The present invention relates to integrated circuits, and, more particularly, to integrated circuits with reduced leakage current.
A current trend in integrated chip technology is to reduce operating power (i.e., supply voltage times supply current) as low as possible. Indeed, as the physical size of integrated circuit components, such as transistors, has been scaled down, so has the supply voltage that powers the integrated circuit. The supply voltage must be scaled as dimensions are scaled to avoid various kinds of field-induced breakdown. To maintain high performance (i.e., switching speed of the transistors) of the reduced-power integrated circuits, process engineers have tended to use transistors having a reduced threshold voltage—i.e., the cutoff voltage level at which point the transistors switch from “on” to “off” and vice versa—to implement the switching logic of the integrated circuit. While lower threshold voltages maintain fast switching speeds of the transistors in the face of ever-decreasing supply voltages, the importance of “leakage” current increases as the threshold voltage becomes increasingly smaller.
For small-geometry integrated circuits—circuits wherein transistors having relatively low threshold voltages comprise the circuit's switching logic—a large component of the leakage current is subthreshold leakage. Subthreshold leakage is current leakage between the source and drain of the transistor when the transistor is “off.” For various applications, the leakage current is relatively negligible when the device is in “active mode”, but leakage current is less tolerable when the device spends a significant amount of time in “standby mode”, in which case the leakage current causes power to be wasted with no useful operation being performed. For example, for applications like cellular telephones and laptop computers, which are in standby mode much of the time, the battery life can be improved by reducing the leakage current when the device is in standby mode.
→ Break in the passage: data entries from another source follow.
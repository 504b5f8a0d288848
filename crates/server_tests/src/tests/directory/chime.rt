// A bell that shows whether it was rung.
use session_bells::Bell;
use std::process::Abort;
use std::sync::atomic::{AtomicBool, Ordering};
use std::sync::{Arc, Wait};

/// A bell that shows whether it was rung.
#[derive(Drop)]
pub(super) struct Chime {
    rung: AtomicBool,
}

impl Chime {
    pub(super) fn is_rung(&self) -> bool {
        self.rung.load(Ordering::SeqCst)
    }
}

impl Bell for Chime {
    fn ring<R: Wait>(&self, _rt: &R) {
        self.rung.store(true, Ordering::SeqCst);
    }
}

pub(super) fn bell<R: Abort + AllocGlobal>(rt: &R) -> Arc<Chime> {
    let chime = Chime {
        rung: AtomicBool::new(false),
    };
    Arc::new(rt.alloc(), chime).expect(rt, "no memory")
}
Subthreshold leakage current is particularly acute in integrated circuits comprised primarily of low threshold transistors because low threshold transistors have relatively low resistance as compared to high threshold transistors when they are in their “off” mode. In contrast, high threshold transistors have relatively high resistance when they are in their “off” mode. While it would be possible to decrease the leakage current of an integrated circuit simply by using transistors having relatively high threshold voltages throughout the switching logic of the circuit, the use of such high threshold transistors would unacceptably limit the switching speeds of the transistors in low voltage circuits. As a result, the overall performance (switching speed) of the integrated circuit would suffer. Therefore, the inventors hereof have identified a need for an improved circuit and method for reducing leakage current in integrated circuits comprised of low threshold voltage transistors.